他依舊想要毀掉那個已經腐爛,變得像蓮池底部污泥般腥臭的魔教,然而他發現毀滅之後應該重生,所以他想開創一個嶄新的魔教,然後創造一個嶄新的世界。
他擁有不世天資,道魔兩宗兼修,意圖以魔遮天,以道順天,跳出三界之外,不在衆生之中,如此才能在嶄新的世界裡抹去舊世界那層太上無情的天道,尋回一些他想穿越時光尋回的東西。
爲此他不惜行惡,漸不知何者爲惡,做了很多驚天動地的大事,成就了震世駭俗的威名,害死了成千上萬的人,然後他遇到一個叫司徒雲海的人。
這時他本已佈置好了一切,只需要隱藏在神湖集團的副董事長的位置上耐心地等待,等待司徒雲海死去,等待老詭死去,便將開始改變這個世界。
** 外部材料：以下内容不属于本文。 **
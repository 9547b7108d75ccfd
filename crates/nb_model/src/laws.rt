// Laws: each is a public function with an empty body, whose contract is the law. They show that the definitions mean what
// they say.
ghost use Rattle.nb_model.specs.Account.{Account, Ask, Base, IsBase, Kept, Plain, base_of, with_entry};
ghost use Rattle.nb_model.specs.Earlier.{IsCovered, IsEarlier, LowersNone};
ghost use Rattle.nb_model.specs.Follows.{Follows, IsMixed};
ghost use Rattle.nb_model.specs.Forms.{drafted, give_page, has_entry, new_page, put, scn_entry, take_page};
ghost use Rattle.nb_model.specs.Going.{AreBeginnings, AreNamed, IsGoing, IsNamed};
ghost use Rattle.nb_model.specs.Image.{Image, Numbered, Page, first_page, image_guid, image_scn, image_size, image_state, is_forced, is_read_only, overwritten, page_at, trimmed, with_page, written_at};
ghost use Rattle.nb_model.specs.Levels.{Contents, Head, IsLevel, changed, read_level, taken};
ghost use Rattle.nb_model.specs.Line.{AreZeroPages, HoldLine, HoldsFirst, IsLine, first_file, last_in, next_files};
ghost use Rattle.nb_model.specs.Making.{IsNoBackup, IsOfKept, MadeFile};
ghost use Rattle.nb_model.specs.Outcomes.{Begins, DoesNothing, Seen};
ghost use Rattle.nb_model.specs.Output.{acked};
ghost use Rattle.nb_model.specs.Owner.{delta_name, entry_for, entry_in, owned, owner, slot_page};
ghost use Rattle.nb_model.specs.Pagewise.{AgreesWith, IsPagewise};
ghost use Rattle.nb_model.specs.Restoring.{applied, verdict};
ghost use Rattle.nb_model.specs.Run.{Event, IsPlayed, Now, base_now, files_made, play, rounds, strokes_of};
ghost use Rattle.nb_model.specs.Sound.{HasHeader, HasNoZeros, IsSoundImage, SoundInventory};
ghost use Rattle.nb_model.specs.Stands.{GoesOn, IsRaised, Stands};
ghost use Rattle.nb_model.specs.Steps.{AreForced, Step, acked_steps, after_steps, steps_of, strokes_in};
ghost use Rattle.nb_model.specs.Strokes.{Stroke, after, base_after, begin, ends, finish, fixed, merged_page, on_base, page as page_stroke, records_after, records_of, with_control};
ghost use Rattle.nb_model.specs.Trail.{AreSynced, IsBehindFirst, IsFirm, IsLeft, IsMixture, ShowsIn, StandsIn, StandsOn, Trail, after_stroke, after_strokes, images, settled};
ghost use Rattle.nb_model.specs.Turns.{first_turn};
ghost use Rattle.nb_model.specs.Well.{IsWellBaseIn, is_on_pages};
ghost use Rattle.nb_model.specs.WellTrail.{IsSoundTrail, IsWellTrail};
ghost use Rattle.nb_model.specs.declared.reply.Reply.TheVariants.{Refused};
ghost use Rattle.nb_model.specs.declared.statement.Statement.{Statement};
ghost use Rattle.nb_fields.specs.Fresh.{fresh};
ghost use Rattle.nb_fields.specs.Page.{stamp_of};
ghost use Rattle.nb_fields.specs.Places.{is_page_size};
ghost use Rattle.nb_fields.specs.States.{normal_state, stalled_state, merge_state};
ghost use Rattle.nb_host.specs.Files.{File, Files};
ghost use Rattle.nb_host.specs.Names.{is_delta};
ghost use Rattle.nb_host.specs.declared.refusals.Refusal.{Refusal};
ghost use Rattle.std.specs.Prelude.{Contains, IsTrue, List, None, Ok, Option, Some, [], ◌++◌, ◌+◌, ◌<◌, ◌∷◌, ◌≡◌, ◌≢◌, ◌≤◌, drop, false, length, replicate, slice_set, take, true, ℕ};
ghost use Rattle.std.specs.List.{AllByRecursion, slice_index_or};

/// Lineage goes on: an image follows each one that it followed step by step, at the lowest SCN.
pub fn lineage_goes_on()
    ensures { (a b c : Image) (s t : ℕ) → Follows a s b → Follows b t c → s ≤ t → Follows a s c }
{}

/// A page that is stamped above the SCN changes nothing of lineage, whether it is written over one or added at the end.
pub fn lineage_stays()
    ensures over { (a b : Image) (s p : ℕ) (page : Page) → Follows a s b → p < length b → s < stamp_of page → image_size (slice_set b p page) ≡ image_size b → Follows a s (slice_set b p page) }
    ensures added { (a b : Image) (s : ℕ) (page : Page) → Follows a s b → 1 ≤ length b → s < stamp_of page → Follows a s (b ++ page ∷ []) }
{}

/// An image whose pages are those of images that follow, each page by itself, follows too.
pub fn lineage_mixes()
    ensures { (a : Image) (s : ℕ) (images : List Image) (c : Image) → ((m : Image) → Contains images m → Follows a s m) → image_size c ≡ image_size a → IsMixed images s c → Follows a s c }
{}

/// The pages stamped above the SCN, written over, give the image that follows.
pub fn lineage_restores()
    ensures { (size s : ℕ) (a b : Image) → Follows a s b → overwritten size (taken s b) a ≡ b }
{}

/// A level has each page that was stamped since its SCN, where no SCN entry is below the stamp of its page.
pub fn a_level_has_what_was_stamped()
    ensures { (image : Image) (s : ℕ) → ((p : ℕ) → p < length image → has_entry image p ≡ true → stamp_of (page_at image p) ≤ scn_entry image p) → changed s image ≡ taken s image }
{}

/// The files of a line of backups give the image of its last, whatever pages of zeros stood after the first.
pub fn a_line_gives_its_last()
    ensures { (r : Kept) (qs : List Kept) (zeros : Image) → IsLine r qs → AreZeroPages zeros → HasNoZeros (last_in r qs).image → applied (first_file r zeros ∷ next_files r qs) ≡ (last_in r qs).image }
{}

/// The files of kept backups that go on from one another are a chain, in either version, and give the image of the last.
pub fn a_kept_chain_is_accepted()
    ensures accepted { (files : Files) (r : Kept) (zeros : Image) (qs : List Kept) (name : List ℕ) (names : List (List ℕ)) → HoldsFirst files r zeros name → HoldLine files 1 r names qs → verdict files (name ∷ names) ≡ Ok (first_file r zeros ∷ next_files r qs) }
    ensures gives { (files : Files) (r : Kept) (zeros : Image) (qs : List Kept) (name : List ℕ) (names : List (List ℕ)) → HoldsFirst files r zeros name → HoldLine files 1 r names qs → HasNoZeros (last_in r qs).image → applied (first_file r zeros ∷ next_files r qs) ≡ (last_in r qs).image }
{}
然而某日他在司徒雲海的身邊看到了一名女子,那個女子臉上帶着純而媚的笑容,很像他從前的妻子。
他像朋友般溫和地笑了笑,然後開始提前發動。
他沒有成功。
他被枯禁在幽冥中數十年。
他在絕望中等待希望。
然後在見到希望的那一刻,死去。
直到看到死亡,他才明白原來自己什麼都不在乎。
他才明白原來自己一直在只是在等待死亡。
當年那個雨夜,他沒有勇氣掘開那座墓。
自此以後,世界對他來說便是一座悽清的孤墳。
他是走火入魔的掘墓人。
他是墓中早已死去的人。
……
秦傑神情惘然站着原地,手中握着的朴刀緩緩垂落。
蓮世界就這樣死了,然而先前傳遞到他腦海裡的那些意識碎片還存在。
那些感受很複雜甚至混亂,就如同蓮世界這個人。
青石牆上的斑駁劍痕裡的最後那些劍意,還在向他的身軀裡涌入,和天地氣息一道緩慢地改造着他的身體,破爛的棉襖綻着灰白色的棉花,微微顫動。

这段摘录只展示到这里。